Final answer:
The exponential model for the town's population growth is P(t) = 15,000 * (1 + 0.147)^t. The town's population will reach 100,000 approximately 26.13 years after the initial 10-year period.
Step-by-step explanation:
The town's population is experiencing exponential growth, which means that the population is increasing at a constant percentage rate over time. To construct an exponential model for the town's population growth, we can use the formula P(t) = 15,000 * (1 + r)^t, where P(t) represents the population at time t, and r represents the growth rate. Since the population increased from 15,000 to 40,000 over a 10-year period, we can calculate the growth rate using the formula r = (P1/P0)^(1/t) - 1, where P1 is the final population, P0 is the initial population, and t is the number of years. Plugging in the values, we get r = (40,000/15,000)^(1/10) - 1 ≈ 0.147. Therefore, the exponential model for the town's population growth is P(t) = 15,000 * (1 + 0.147)^t.
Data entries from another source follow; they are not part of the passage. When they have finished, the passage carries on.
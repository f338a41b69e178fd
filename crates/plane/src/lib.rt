// Whole numbers in the plane: spans, boxes, how far apart they are, and the whole-number root.
#![tactic(auto)]

ghost use Rattle.std.specs.Prelude.{◌≡◌, ◌≤◌, false, ◌||◌, nat_abs, ◌-ℤ◌};
ghost use Rattle.plane.specs.Plane.{outside, square, squared_of, rise, gap, Ranged, apart, join_spans, join_boxes, measured, told};
ghost use Rattle.plane.specs.Root.{Root};

use verdict::{Reason, Refusal};

// The coordinates from `lo` to `hi`.
#[derive(Clone, Copy, PartialEq, Eq)]
pub struct Span {
    pub lo: i32,
    pub hi: i32,
}

impl Span {
    // The stretch between two spans.
    fn gap(self, t: Span) -> u64
        ensures { result ≡ gap self t }
    {
        rise_of(self.hi, t.lo) + rise_of(t.hi, self.lo)
    }

    // The tightest span around two.
    fn join(self, t: Span) -> Span
        ensures { result ≡ join_spans self t }
    {
        Span {
            lo: self.lo.min(t.lo),
            hi: self.hi.max(t.hi),
        }
    }
}

// A box is two spans; a point's spans have equal ends.
#[derive(Clone, Copy, PartialEq, Eq)]
pub struct Box {
    pub x: Span,
    pub y: Span,
}

// Internal: is a coordinate out of range?
pub fn is_outside(z: i32) -> bool
    ensures { result ≡ outside z }
{
    !(-1000000..=1000000).contains(&z)
}

// Internal: is a point out of range?
pub fn is_off(x: i32, y: i32) -> bool
    ensures { result ≡ (outside x || outside y) }
{
    is_outside(x) || is_outside(y)
}

// The square of the signed difference of two coordinates in range.
fn axis(a: i32, b: i32) -> u64
    requires { (outside a ≡ false) × (outside b ≡ false) }
    ensures value { result ≡ square (nat_abs (a -ℤ b)) }
    ensures bound { result ≤ 4000000000000 }
{
    let d = i64::from(a) - i64::from(b);
    (d * d) as u64
}

fn squared_within(ax: i32, ay: i32, bx: i32, by: i32) -> u64
    requires { ((outside ax || outside ay) ≡ false) × ((outside bx || outside by) ≡ false) }
    ensures { result ≡ squared_of ax ay bx by }
{
    axis(ax, bx) + axis(ay, by)
}

// The squared distance of two points; out of range at the first that is.
#[tactic(auto, unfolding(crate::specs::Plane::measured))]
pub fn squared(ax: i32, ay: i32, bx: i32, by: i32) -> Result<u64, Refusal>
    ensures { told result ≡ measured ax ay bx by }
{
    if is_off(ax, ay) {
        return Err(Refusal {
            reason: Reason::OutOfRange,
            at: 0,
        });
    }
    if is_off(bx, by) {
        return Err(Refusal {
            reason: Reason::OutOfRange,
            at: 1,
        });
    }
    Ok(squared_within(ax, ay, bx, by))
}

// How far b stands above a; 0 where it does not.
fn rise_of(a: i32, b: i32) -> u64
    ensures value { result ≡ rise a b }
    ensures bound { result ≤ 4294967296 }
{
    if a < b { u64::from(b.abs_diff(a)) } else { 0 }
}

// Internal: the squared distance of two boxes, between their nearest points.
pub fn apart_of(b: Box, c: Box) -> u64
    requires { Ranged b × Ranged c }
    ensures { result ≡ apart b c }
{
    let x = b.x.gap(c.x);
    let y = b.y.gap(c.y);
    x * x + y * y
}

// Internal: the tightest box around two.
pub fn box_join(b: Box, c: Box) -> Box
    ensures { result ≡ join_boxes b c }
{
    Box {
        x: b.x.join(c.x),
        y: b.y.join(c.y),
    }
}

// The greatest whole number whose square is not above n.
pub fn root(n: u64) -> u64
    ensures { Root n result }
{
    n.isqrt()
}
Now, to approximate when the town's population will reach 100,000, we can set P(t) = 100,000 and solve for t. 100,000 = 15,000 * (1 + 0.147)^t. Dividing both sides by 15,000, we get (1 + 0.147)^t ≈ 6.67. Taking the natural logarithm of both sides, t * ln(1 + 0.147) ≈ ln(6.67). Finally, solving for t, we get t ≈ ln(6.67) / ln(1 + 0.147). Using a calculator, we find that t ≈ 16.13. Therefore, the town's population will reach 100,000 approximately 16.13 years after the initial 10-year period, totaling around 26.13 years.